# Quintess adding 5 3BRs at 1600 Broadway



## Kagehitokiri (Oct 12, 2007)

wow!  

theyre combining sets of adjacent 2BRs and 1BRs into 3BRs.

2 in Q1 2008 then 1 per Q after that.

very impressive. solstice only has 1 3BR right now, and i believe ciel's is also 3BR.

they also apparently have unlimited usage now. anyone know what their plans are currently starting at?


----------



## Steamboat Bill (Oct 12, 2007)

I have a friend that is a member of Quintess and he is a hedge fund manager...he loves it, but doesn't not have time/interest in joining TUG. He also has his own plane and flys to a lot of the Carribean destinations.
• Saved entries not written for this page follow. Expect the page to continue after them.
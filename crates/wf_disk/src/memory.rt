//! A disk in memory.

ghost use Rattle.std.specs.Prelude.{◌≡◌, ◌∷◌, ◌-◌, ◌≤◌, [], None};
ghost use Rattle.wf_disk.specs.Moments.{HasRisen};
ghost use Rattle.wf_disk.specs.Folder.{IsCrashed};
ghost use Rattle.wf_disk.specs.MemoryDisk.{cut_to, burn};

use crate::disk::Disk;
use crate::failure;
use crate::fault::DiskFault;
use crate::folder::{MemoryFolder, Name};
use std::alloc::Global;
use std::io::ErrorKind;
use std::marker::Model;
use wf_past::Past;

/// A disk in memory. It is durable, and its device fails only where a failure was set (`set_fuse`),
/// or where the file of a call isn't there. What a power cut at each earlier moment could have left
/// is known in proofs alone, and takes no memory.
pub struct MemoryDisk {
    folder: MemoryFolder,
    past: Past<MemoryFolder, ()>,
    // the number of the call that will fail, counted from 1 from now, or 0, and how much it keeps
    call: usize,
    kept: usize,
    // the number of failures so far
    failures: u64,
}

impl Drop for MemoryDisk {
    fn drop(self) {
        let MemoryDisk {
            folder,
            past,
            call: _,
            kept: _,
            failures: _,
        } = self;
        drop(folder);
        drop(past);
    }
}

impl Model for MemoryDisk {
    ghost use Rattle.std.specs.Prelude.{reverse, map};
    ghost use Rattle.wf_disk.specs.MemoryDisk.{DiskValue};

    ghost Value = { DiskValue };

    ghost view = { λ d. record { folder = d.folder; past = reverse (map (λ entry. entry.0) d.past.items); call = d.call; kept = d.kept; failures = d.failures } };
}

impl MemoryDisk {
    /// A disk without files, on which no failure is set.
    pub fn new(alloc: Global) -> MemoryDisk
        ensures { result ≡ record {
          folder = record { own = None; second = None; earlier = [] };
          past = [];
          call = 0;
          kept = 0;
          failures = 0;
        } }
    {
        MemoryDisk {
            folder: MemoryFolder::new(alloc),
            past: Past::new(),
            call: 0,
            kept: 0,
            failures: 0,
        }
    }

    /// A power cut: under the own name is then one of the files that it may put back there, the one
    /// that is there for 0, with all its synced bytes and at most `keep` bytes of the rest. The
    /// second file stays as it is. No earlier moment is known any more.
    #[tactic(auto, using(crate::specs::FolderTheorems::cut_crashes))]
    pub fn cut(&mut self, back: usize, keep: usize)
        ensures crashed { IsCrashed self.old.folder self.new.folder }
        ensures exact { self.new.folder ≡ cut_to back keep self.old.folder }
        ensures past { self.new.past ≡ [] }
        ensures failures { self.new.failures ≡ self.old.failures }
        ensures call { self.new.call ≡ self.old.call }
        ensures kept { self.new.kept ≡ self.old.kept }
    {
        self.folder.cut(back, keep);
        self.past = Past::new();
    }

    /// Sets a failure: the `call`-th call from now, counted from 1, fails once. An append that
    /// fails keeps `kept` of its bytes, at most all of them. To open, to make and to rename, if it
    /// fails, has been done unless `kept` is 0. A sync that fails makes the file doubtful. Call 0
    /// sets no failure. A failure that was set before and that no call has reached is no longer
    /// set.
    pub fn set_fuse(&mut self, call: usize, kept: usize)
        ensures folder { self.new.folder ≡ self.old.folder }
        ensures past { self.new.past ≡ self.old.past }
        ensures failures { self.new.failures ≡ self.old.failures }
        ensures call { self.new.call ≡ call }
        ensures kept { self.new.kept ≡ kept }
    {
        self.call = call;
        self.kept = kept;
    }

    /// Notes the folder, and counts a call. If the failure that is set is this call's, returns how
    /// much it keeps.
    fn begin(&mut self) -> Option<usize>
        ensures kept { result ≡ burn self.old.call self.old.kept }
        ensures call { self.new.call ≡ self.old.call - 1 }
        ensures folder { self.new.folder ≡ self.old.folder }
        ensures past { self.new.past ≡ self.old.folder ∷ self.old.past }
        ensures failures { self.new.failures ≡ self.old.failures }
    {
        self.past = self.past.and(&self.folder, &());
        let call = self.call;
        self.call = call.saturating_sub(1);
        burn(call, self.kept)
    }

    /// Counts a failure, if it is the device's.
    fn count(&mut self, fault: DiskFault) -> DiskFault
        ensures same { result ≡ fault }
        ensures folder { self.new.folder ≡ self.old.folder }
        ensures past { self.new.past ≡ self.old.past }
        ensures device { fault ≡ DiskFault.Device → HasRisen self.old.failures self.new.failures }
        ensures later { self.old.failures ≤ self.new.failures }
        ensures memory { fault ≡ DiskFault.Memory → self.new.failures ≡ self.old.failures }
    {
        match fault {
            DiskFault::Device => self.failures = self.failures.saturating_add(1),
            DiskFault::Memory => {}
        }
        fault
    }
}

/// How much the next call keeps, if that one fails.
#[tactic(auto, unfolding(crate::specs::MemoryDisk::burn))]
fn burn(call: usize, kept: usize) -> Option<usize>
    ensures { result ≡ burn call kept }
{
    if call == 1 { Some(kept) } else { None }
}

impl Disk for MemoryDisk {
    ghost use Rattle.wf_disk.specs.MemoryDisk.{moment_of, IsFileLeftSince};
    ghost use Rattle.wf_disk.specs.MemoryMoments.{memory_now, memory_nested};

    ghost durable = { Unit {0} };

    ghost folder = { λ d. d.folder };

    ghost failed = { λ d. d.failures };

    ghost moment = { moment_of };

    ghost left_since = { IsFileLeftSince };

    ghost is_now = { λ _. memory_now };

    ghost nested = { λ _. memory_nested };

    fn open(&mut self) -> Result<(), DiskFault> {
        let kept = self.begin();
        match failure::open(&mut self.folder, kept) {
            Ok(()) => Ok(()),
            Err(fault) => Err(self.count(fault)),
        }
    }

    fn make(&mut self) -> Result<(), DiskFault> {
        let kept = self.begin();
        match failure::make(&mut self.folder, kept) {
            Ok(()) => Ok(()),
            Err(fault) => Err(self.count(fault)),
        }
    }

    fn append(&mut self, name: Name, bytes: &[u8]) -> Result<(), DiskFault> {
        let kept = self.begin();
        match failure::append(&mut self.folder, name, bytes, kept) {
            Ok(()) => Ok(()),
            Err(fault) => Err(self.count(fault)),
        }
    }

    fn sync(&mut self, name: Name) -> Result<(), DiskFault> {
        let kept = self.begin();
        match failure::sync(&mut self.folder, name, kept) {
            Ok(()) => Ok(()),
            Err(fault) => Err(self.count(fault)),
        }
    }

    fn rename(&mut self) -> Result<(), DiskFault> {
        let kept = self.begin();
        match failure::rename(&mut self.folder, kept) {
            Ok(()) => Ok(()),
            Err(fault) => Err(self.count(fault)),
        }
    }

    fn sync_names(&mut self) -> Result<(), DiskFault> {
        let kept = self.begin();
        match failure::sync_names(&mut self.folder, kept) {
            Ok(()) => Ok(()),
            Err(fault) => Err(self.count(fault)),
        }
    }

    fn read(&mut self, alloc: Global) -> Result<Vec<u8>, DiskFault> {
        let kept = self.begin();
        match failure::read(&self.folder, alloc, kept) {
            Ok(bytes) => Ok(bytes),
            Err(fault) => Err(self.count(fault)),
        }
    }

    fn failures(&self) -> u64 {
        self.failures
    }

    fn cause(&self) -> Option<ErrorKind> {
        None
    }
}
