//! The theorems about a farm on which scripts are played.

ghost use Rattle.std.specs.Prelude.{◌≡◌, true};
ghost use Rattle.wf_farm.specs.Agreement.{HasNoTwoDefinitions, IsOneWorld};
ghost use Rattle.wf_play.specs.Theorem.{HasKeptPromises, HasOwnBallots, HasPromisedMajorities};

use wf_farm::Farm;

/// The theorems about the farm, which has all messages, hold of it as it is, whatever led to it.
#[tactic(auto, using(crate::proofs::Worlds::own_ballots_there, crate::proofs::Worlds::kept_promises_there, crate::proofs::Worlds::promised_majorities_there))]
pub(crate) fn farm_obeys_theorems(farm: &Farm)
    requires { farm.now.complete ≡ true }
    ensures agree { HasNoTwoDefinitions farm.now }
    ensures world { IsOneWorld farm.now }
    ensures ballots { HasOwnBallots farm.now }
    ensures promises { HasKeptPromises farm.now }
    ensures majorities { HasPromisedMajorities farm.now }
{
    farm.agree();
}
This is a pretty expensive club to join....like ER.


----------



## Kagehitokiri (Oct 12, 2007)

you have $100K worth of TS. i presume quite a few people here have such large total portfolios. 

there are 5 posters here that have ~$200K DC memberships. and i recall for at least 1, that was just part of their portfolio.

last i recall quintess started at something like $200K.

hmm, looks like there are 4 tiers (then either holiday or non holiday), and looks like you have to do at least 2nd if not 3rd tier in order to get the unlimited space available nights. 4th tier holiday is $820K now according to sherpareport. (looks like he updates better than heliumreport) im assuming its something like ~200/400/600/800. i think ill probably stick to watching lusso and ciel.

although the amangani and amelia island properties are certainly nice.


----------



## travelguy (Oct 14, 2007)

*High Country Club - 1600 Broadway*

I just got back from a long weekend in the High Country Club NYC condo at 1600 Broadway.  I'll post a review soon but to summarize ... it was a GREAT experience.  It's interesting that I could see the wireless internet from the other DCs when accessing my computer (Quintess, etc.).

The 1600 Broadway "On the Square" building is in a perfect location because it's "on" Times Square but not "in" Times Square.  It's a great VALUE that High Country Club has a unit in the same location as other DCs that cost MUCH more!


----------



## Kagehitokiri (Oct 14, 2007)

HCC didnt get a deal did they?

HCC and PE have mostly 1BRs, which i would not use personally.


----------



## travelguy (Oct 14, 2007)

*Wrong!*



Kagehitokiri said:


> HCC and PE have mostly 1BRs, which i would not use personally.



What are you talking about????

NYC is the ONLY location where High Country Club has only a 1BR!!!!  You do the users of this forum a disservice by posting misinformation as fact.


----------



## TarheelTraveler (Oct 14, 2007)

I'm sure Kag meant that in NYC they've got 1BRs.  Kag keeps a closer eye on the DC properties than probably anyone.


----------



## Steamboat Bill (Oct 14, 2007)

The NYC property is the smallest property in the HCC collection at 668 sq feet.


----------



## vineyarder (Oct 15, 2007)

TarheelTraveler said:


> I'm sure Kag meant that in NYC they've got 1BRs.



That's how I interpreted it as well...


----------



## Kagehitokiri (Oct 15, 2007)

please remove


----------



## Kagehitokiri (Oct 15, 2007)

TarheelTraveler said:


> Kag keeps a closer eye on the DC properties than probably anyone.



thanks, but not exactly true.  i mostly pay attention to the ones im watching. the others that i dont like as much, or ruled out, etc i pay less attention, like to see if there are major changes that affect my opinion on them.

im really waiting to see more beachfront from DHH, lusso, ciel. 

it also seems like i travel differently from most people here, so when i say things like "i wouldnt use X personally" etc im JUST stating my opinion, NOT trying to say my opinion is at all representative.

i started this thread to be about quintess having 3BRs in NYC. so my focus would be on that and other DC properties in NYC. (for comparison)


----------